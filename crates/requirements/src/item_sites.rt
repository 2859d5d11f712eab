//! The sites of types, of their fields, interface rows, properties and events, and of the signatures and locals of methods. A world
//! with its tables (`mark_tables`) and a row go in; the sites come out, as `site_kinds/specs/site_rules/Types` and `Bodies` list
//! them.

pub mod heads;
pub mod types;
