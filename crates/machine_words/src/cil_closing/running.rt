//! The body that a frame runs.

ghost use Rattle.std.specs.Prelude.{◌≡◌, Some, None, MatchOption};
ghost use Rattle.rules.specs.step_rules.Words.{here_of, here_in};

use crate::cil_queries::Answers;
use crate::cil_words::Body;
use il_base::cil_values::Frame;
use il_base::world_model::Known;

/// What a frame runs. None where its method has no body that can run.
#[tactic(auto, unfolding(rules::specs::step_rules::Words::here_of))]
pub fn body_of<'a, Q: Answers>(q: &'a Q, f: &Frame) -> Option<Body<'a>>
    ensures { MatchOption result (here_of (Q.queries q.now) f.now ≡ None) (λ body. here_of (Q.queries q.now) f.now ≡ Some (here_in f.now body.method.now body.code.now)) }
{
    let Some(method) = q.method(f.method.method.0) else {
        return None;
    };
    match &method.body {
        None => None,
        Some(Known::Bad(_)) => None,
        Some(Known::Good(code)) => Some(Body { method, code }),
    }
}
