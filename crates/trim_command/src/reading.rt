//! The files and the descriptors of a trim.

ghost use Rattle.std.specs.Prelude.{◌≡◌, map};
ghost use Rattle.std.specs.String.{string_bytes};
ghost use Rattle.il_outside.specs.Folder.{KeepsFiles};
ghost use Rattle.trim_command.specs.Reading.{ReadsGiven};

use il_base::{Seq, Text};
use il_outside::{Folder, FolderError};
use named_files::read_files;
use std::alloc::Global;

/// What a trim is given.
#[derive(Drop)]
pub(crate) struct Given {
    pub(crate) files: Seq<Text>,
    pub(crate) descriptors: Seq<Text>,
}

/// Reads every file and then every descriptor, each in the order of the names. The first read that fails is the last one.
pub(crate) fn read_given<F: Folder>(
    alloc: Global,
    inputs: &[String],
    descriptors: &[String],
    folder: &mut F,
) -> Result<Given, FolderError>
    ensures read { ReadsGiven (map string_bytes inputs.now) (map string_bytes descriptors.now) (F.state folder.old) (F.state folder.new) result }
    ensures kept { KeepsFiles (F.state folder.old).files (F.state folder.new).files }
{
    match read_files(alloc, inputs, folder) {
        Err(error) => Err(error),
        Ok(files) => match read_files(alloc, descriptors, folder) {
            Err(error) => Err(error),
            Ok(texts) => Ok(Given {
                files,
                descriptors: texts,
            }),
        },
    }
}
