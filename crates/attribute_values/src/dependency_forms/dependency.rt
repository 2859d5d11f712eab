use il_base::Text;

/// In which type a dependency seeks its members.
#[derive(Drop)]
pub enum Sought {
    /// The type that has the method or field with the attribute.
    OwnType,
    /// The type that an argument of type `System.Type` names (II.23.3), in UTF-8.
    TypeArgument(Text),
    /// The type of a name in the assembly of a simple name, both in UTF-8; None stands for null.
    TypeText(Option<Text>, Option<Text>),
}

/// What a method or a field depends on: members of a type.
#[derive(Drop)]
pub struct Dependency {
    pub sought: Sought,
    /// The members' name in UTF-8; None where `kinds` says which members.
    pub member: Option<Text>,
    /// The kinds of members, where no name is given: `rules::mark_rules::member_kinds`.
    pub kinds: u32,
}
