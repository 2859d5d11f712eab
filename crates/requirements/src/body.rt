//! A method whose flow is known.

ghost use Rattle.std.specs.Prelude.{◌≡◌, ◌+◌, ◌-◌, suc, IfOk};
ghost use Rattle.std.specs.Option.{option_copied, option_and_then};
ghost use Rattle.il_base.specs.declared.table.TheConstants.{METHOD_DEF};
ghost use Rattle.il_base.specs.world_model.Tokens.{token_of};
ghost use Rattle.rules.specs.flow_rules.Counts.{one_if};
ghost use Rattle.rules.specs.flow_rules.Moves.{fixed_in, token_in, named_use, named_field};
ghost use Rattle.value_flow.specs.body_graph.Methods.{setting_in};
ghost use Rattle.mark_parts.specs.mark_tables.Assemblies.{all_of};
ghost use Rattle.rules.specs.site_rules.Values.{place_of};
ghost use Rattle.requirements.specs.Bodies.{flowed, IsBody};

use crate::generic_sites::links::{field_named, method_named};
use il_base::world_model::{FieldUse, MethodUse, token_of};
use il_base::{MethodId, NoMemory, Operand, Place, TypeId, table};
use rules::link_rules::RowAt;
use site_kinds::known::Annotated;
use value_flow::Flow;
use value_flow::body_graph::methods::Method;

/// A method whose flow is known.
#[derive(Clone, Copy)]
pub(crate) struct Body<'a, 'w, 'm, 'g> {
    pub(crate) annotated: &'a Annotated<'w>,
    pub(crate) method: &'a Method<'m>,
    pub(crate) flow: &'a Flow<'g>,
    pub(crate) id: MethodId,
    pub(crate) at: RowAt,
    /// The type that it is in.
    pub(crate) owner: Option<TypeId>,
}

fn one_if(test: bool) -> u32
    ensures { result ≡ one_if test }
{
    if test { 1 } else { 0 }
}

/// How many arguments and locals a method has.
fn fixed_in(m: &Method<'_>) -> Result<u32, NoMemory>
    ensures { IfOk result (λ n. n ≡ fixed_in (setting_in m.now)) }
{
    let Ok(params) = u32::try_from(m.own.params) else {
        return Err(NoMemory);
    };
    let Ok(locals) = u32::try_from(m.locals) else {
        return Err(NoMemory);
    };
    let Some(args) = one_if(m.own.this).checked_add(params) else {
        return Err(NoMemory);
    };
    match args.checked_add(locals) {
        None => Err(NoMemory),
        Some(fixed) => Ok(fixed),
    }
}

/// The slot of the n-th value from the top of a stack of this depth, counted from 1.
pub(crate) fn slot_from_top(m: &Method<'_>, depth: u32, n: u32) -> Result<u32, NoMemory>
    ensures { IfOk result (λ slot. slot ≡ fixed_in (setting_in m.now) + depth - n) }
{
    let fixed = fixed_in(m)?;
    let Some(end) = fixed.checked_add(depth) else {
        return Err(NoMemory);
    };
    Ok(end.saturating_sub(n))
}

fn token_in(operand: &Operand) -> Option<u32>
    ensures { result ≡ token_in operand.now }
{
    match operand {
        Operand::None => None,
        Operand::Number(_) => None,
        Operand::Slot(_) => None,
        Operand::Token(token) => Some(*token),
        Operand::Target(_) => None,
        Operand::Targets(_) => None,
    }
}

impl<'w> Body<'_, 'w, '_, '_> {
    /// The instruction at an IL offset.
    pub(crate) fn place(&self, offset: u32) -> Result<Place, NoMemory>
        ensures { IfOk result (λ place. place ≡ place_of (flowed self.now) offset) }
    {
        let token = token_of(table::METHOD_DEF, self.at.row as usize)?;
        Ok(Place {
            asm: self.at.asm,
            token,
            offset,
        })
    }

    /// The method that the operand of a call names.
    pub(crate) fn named_use(&self, operand: &Operand) -> Option<&'w MethodUse>
        requires { IsBody self.now }
        ensures { option_copied result ≡ named_use (all_of self.now.annotated.now.marker.now) (setting_in self.now.method.now) operand.now }
    {
        let annotated = self.annotated;
        let marker = annotated.marker;
        let method = self.method;
        match token_in(operand) {
            None => None,
            Some(token) => method_named(marker.tables.world, method.asm, method.rec, token),
        }
    }

    /// The field that the operand of an instruction names.
    pub(crate) fn named_field(&self, operand: &Operand) -> Option<&'w FieldUse>
        requires { IsBody self.now }
        ensures { option_copied result ≡ named_field (all_of self.now.annotated.now.marker.now) (setting_in self.now.method.now) operand.now }
    {
        let annotated = self.annotated;
        let marker = annotated.marker;
        let method = self.method;
        match token_in(operand) {
            None => None,
            Some(token) => field_named(marker.tables.world, method.asm, method.rec, token),
        }
    }
}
=======
**Exercise**. Output exactly one stretch of the listing: from the line containing "use value_flow::body_graph::methods::Method;" through the line containing "that it is in.", both end lines included.

**Written answer**.
use value_flow::body_graph::methods::Method;

/// A method whose flow is known.
#[derive(Clone, Copy)]
pub(crate) struct Body<'a, 'w, 'm, 'g> {
    pub(crate) annotated: &'a Annotated<'w>,
    pub(crate) method: &'a Method<'m>,
    pub(crate) flow: &'a Flow<'g>,
    pub(crate) id: MethodId,
    pub(crate) at: RowAt,
    /// The type that it is in.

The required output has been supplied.